Существует очаровательное письмо мадам Фрэнсис Осгуд, которая, будучи одной из подруг По, сообщает нам самые любопытные подробности о нем как личности, о его привычках и о том, какие порядки были заведены у него дома. Эта женщина, которая сама была незаурядным литератором, смело опровергает порочность и все лживые упреки в адрес поэта.
«С мужчинами, – говорит она Грисуолду, – он, по всей видимости, был таким, каким описываете его вы, и, как мужчина, вы, возможно, правы. Однако я утверждаю, что с женщинами он был совершенно другим и никогда женщина не могла узнать г-на По, не проявив к нему глубочайшего интереса. Я неизменно воспринимала его образцом элегантности, изысканности и благородства…

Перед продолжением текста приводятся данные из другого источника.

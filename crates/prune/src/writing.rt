// The files of a plan, written.
ghost use Rattle.std.specs.Prelude.{◌≡◌, ℕ, false};
ghost use Rattle.rel_path.specs.Paths.{Path};
ghost use Rattle.tree_dev.specs.Tree.{Keeps};
ghost use Rattle.prune.specs.Cause.{HasCause, counts_of};
ghost use Rattle.prune.specs.Folders.{folder_of_all, json_folder};
ghost use Rattle.prune.specs.Steps.{CanBeWritten, IsPart, CopiesAll, WritesPlan, SameElsewhere};

use crate::PruneErr;
use crate::copying::copy_all;
use crate::out_folder::{folder_of_all, json_folder};
use crate::planning::Plan;
use std::alloc::Global;
use tree_dev::Tree;

/// All files, below `out` or the folder `full` in it.
fn write_full<T: Tree>(
    alloc: Global,
    docker: bool,
    tree: &mut T,
    plan: &Plan,
) -> Result<(), PruneErr>
    requires free { (path : Path) → (T.state tree.old).held path ≡ false }
    requires plan { CanBeWritten plan.now.paths }
    ensures keeps { Keeps (T.state tree.old) (T.state tree.new) }
    ensures elsewhere { T.tells
        → SameElsewhere (T.state tree.old).files (T.state tree.new).files }
    ensures copies { T.tells → CopiesAll plan.now.text (folder_of_all docker) plan.now.paths
        (T.state tree.old).files (T.state tree.new).files result }
    ensures cause { (sink : ℕ) → HasCause (counts_of (T.state tree.old).faults sink)
        (counts_of (T.state tree.new).faults sink) result }
{
    let folder = match folder_of_all(alloc, docker) {
        Ok(folder) => folder,
        Err(_) => return Err(PruneErr::OutOfMemory),
    };
    copy_all(
        alloc,
        tree,
        &folder,
        plan.text.as_ref(),
        plan.paths.as_slice(),
    )
}

/// The files that an installation needs, below the folder `json` in `out`.
fn write_layer<T: Tree>(alloc: Global, tree: &mut T, plan: &Plan) -> Result<(), PruneErr>
    requires free { (path : Path) → (T.state tree.old).held path ≡ false }
    requires plan { CanBeWritten plan.now.layer }
    ensures keeps { Keeps (T.state tree.old) (T.state tree.new) }
    ensures elsewhere { T.tells
        → SameElsewhere (T.state tree.old).files (T.state tree.new).files }
    ensures copies { T.tells → CopiesAll plan.now.text json_folder plan.now.layer
        (T.state tree.old).files (T.state tree.new).files result }
    ensures cause { (sink : ℕ) → HasCause (counts_of (T.state tree.old).faults sink)
        (counts_of (T.state tree.new).faults sink) result }
{
    let folder = match json_folder(alloc) {
        Ok(folder) => folder,
        Err(_) => return Err(PruneErr::OutOfMemory),
    };
    copy_all(
        alloc,
        tree,
        &folder,
        plan.text.as_ref(),
        plan.layer.as_slice(),
    )
}

/// All files of the plan, and for containers the layer that an installation needs.
pub(crate) fn write_plan<T: Tree>(
    alloc: Global,
    docker: bool,
    tree: &mut T,
    plan: &Plan,
) -> Result<(), PruneErr>
    requires free { (path : Path) → (T.state tree.old).held path ≡ false }
    requires paths { CanBeWritten plan.now.paths }
    requires layer { IsPart plan.now.layer plan.now.paths }
    ensures keeps { Keeps (T.state tree.old) (T.state tree.new) }
    ensures elsewhere { T.tells
        → SameElsewhere (T.state tree.old).files (T.state tree.new).files }
    ensures writes { T.tells → WritesPlan docker plan.now
        (T.state tree.old).files (T.state tree.new).files result }
    ensures cause { (sink : ℕ) → HasCause (counts_of (T.state tree.old).faults sink)
        (counts_of (T.state tree.new).faults sink) result }
{
    match write_full(alloc, docker, tree, plan) {
        Ok(()) => {}
        Err(e) => return Err(e),
    }
    if docker {
        write_layer(alloc, tree, plan)
    } else {
        Ok(())
    }
}
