// Why nothing is pruned.
ghost use Rattle.std.specs.Prelude.{◌≡◌};
ghost use Rattle.prune.specs.declared.error.PruneErr.TheVariants.{OutOfMemory};

use rel_path::{RelPath, Text};
use std::alloc::{AllocError, AllocFailed};
use thiserror::Error;

/// Why nothing is pruned, or not all.
#[derive(Debug, Drop, Error)]
pub enum PruneErr {
    /// No package has this name.
    #[error("no package {}", .name.as_str())]
    NoPackage { name: Text },
    /// This file stands below `out` already.
    #[error("a file stands below out")]
    OutTaken { path: RelPath },
    /// From the location in the lockfile nothing is found for the name, which is neither optional nor a peer.
    #[error("{} not found from {}", .name.as_str(), .from.as_str())]
    Missing { from: Text, name: Text },
    /// This file is over 256 MiB. The files in front of it were written.
    #[error("a file is too large")]
    TooLarge { path: RelPath },
    /// The tree failed.
    #[error("a file could not be read or written")]
    TreeFailed,
    /// The output failed. All files were written.
    #[error("the output failed")]
    SinkFailed,
    #[error("out of memory")]
    OutOfMemory,
}

impl From<AllocError> for PruneErr {
    ghost from_gives = { λ _ e. e ≡ OutOfMemory };

    fn from(_error: AllocError) -> PruneErr {
        PruneErr::OutOfMemory
    }
}

impl<T: Drop> From<AllocFailed<T>> for PruneErr {
    ghost from_gives = { λ _ e. e ≡ OutOfMemory };

    fn from(_error: AllocFailed<T>) -> PruneErr {
        PruneErr::OutOfMemory
    }
}
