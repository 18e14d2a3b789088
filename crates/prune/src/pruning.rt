// Pruning.
ghost use Rattle.std.specs.Prelude.{◌≡◌, false};
ghost use Rattle.rel_path.specs.Paths.{Path};
ghost use Rattle.tree_dev.specs.Tree.{Keeps};
ghost use Rattle.tree_walk.specs.Walked.{IsWalk};
ghost use Rattle.workspaces.specs.Space.{lies_below};
ghost use Rattle.repository.specs.Reading.{contents_of};
ghost use Rattle.prune.specs.Answers.{Leaves};
ghost use Rattle.prune.specs.Cause.{HasCause, counts_of};
ghost use Rattle.prune.specs.Folders.{out_folder};
ghost use Rattle.prune.specs.Printed.{Prints};

use crate::PruneErr;
use crate::lines::put_lines;
use crate::planning::plan_for;
use crate::writing::write_plan;
use rel_path::Texts;
use repository::Repository;
use std::alloc::Global;
use tree_dev::{Sink, Tree};

/// Writes the files of the repository that the packages of these names need below `out`, and puts a line for each
/// package that stays. For containers all files are written below the folder `full` in `out`, and below `json` those
/// that an installation needs (Turborepo docs, "prune", `--docker`). It always returns.
///
/// Files are written in the order of their paths, and the lines are put after the last. A file that is no longer there
/// is passed over.
///
/// # Errors
/// What is tried comes in this order, and nothing is written before the first four:
///
/// 1. `NoPackage`: the first name that is that of no package;
/// 2. `OutTaken`: the first walked file below `out`;
/// 3. `Missing`: of the owners that stay, in the order of their names, the first that misses a name in the lockfile that
///    is neither optional nor a peer, with the least such name;
/// 4. `TooLarge`: the first file over 256 MiB; those in front of it were written;
/// 5. `TreeFailed` and `SinkFailed`, where the count of faults of the tree or the sink rose.
pub fn prune<T: Tree, K: Sink>(
    alloc: Global,
    targets: &Texts,
    docker: bool,
    tree: &mut T,
    repository: &Repository,
    out: &mut K,
) -> Result<(), PruneErr>
    requires free { (path : Path) → (T.state tree.old).held path ≡ false }
    requires walk { IsWalk repository.now.walk }
    ensures keeps { Keeps (T.state tree.old) (T.state tree.new) }
    ensures leaves { T.tells → Leaves docker (contents_of repository.now) targets.now
        (T.state tree.old).files (T.state tree.new).files result }
    ensures elsewhere { T.tells → (path : Path) → lies_below path out_folder ≡ false
        → (T.state tree.new).files path ≡ (T.state tree.old).files path }
    ensures prints { K.tells → Prints (contents_of repository.now) targets.now
        (K.written out.old) (K.written out.new) result }
    ensures cause { HasCause (counts_of (T.state tree.old).faults (K.faults out.old))
        (counts_of (T.state tree.new).faults (K.faults out.new)) result }
{
    let plan = match plan_for(alloc, targets, repository) {
        Ok(plan) => plan,
        Err(e) => return Err(e),
    };
    match write_plan(alloc, docker, tree, &plan) {
        Ok(()) => {}
        Err(e) => return Err(e),
    }
    put_lines(alloc, out, &repository.packages, plan.kept.as_slice())
}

Впервые мы увиделись в Эстор Хаус. Уиллис передал мне за столом «Ворона», по поводу которого автор, как мне сказали, желал знать мое мнение. Таинственная, сверхъестественная музыка этой причудливой поэмы проникла в такие сокровенные уголки моей души, что, когда я узнала о желании По быть мне представленным, меня охватило странное чувство, больше напоминавшее собой трепет. Он предстал предо мной – с красивой, горделивой головой, с темными глазами, излучавшими какой-то особенный свет, свет чувства и мысли, со своими манерами, представлявшими собой необычную смесь непередаваемого достоинства и утонченности. Он поклонился мне – степенно, спокойно и почти даже холодно – но за этой холодностью вибрировала столь ярко выраженная симпатия, что я не могла удержаться и поддалась тому глубокому впечатлению, которое он на меня произвел. С этого момента и до самой его смерти мы были друзьями… и я знаю, что в его последних словах была часть воспоминаний обо мне и что перед тем, как дух его был сброшен с царственного трона, он предоставил мне высшее доказательство своей верности в дружбе.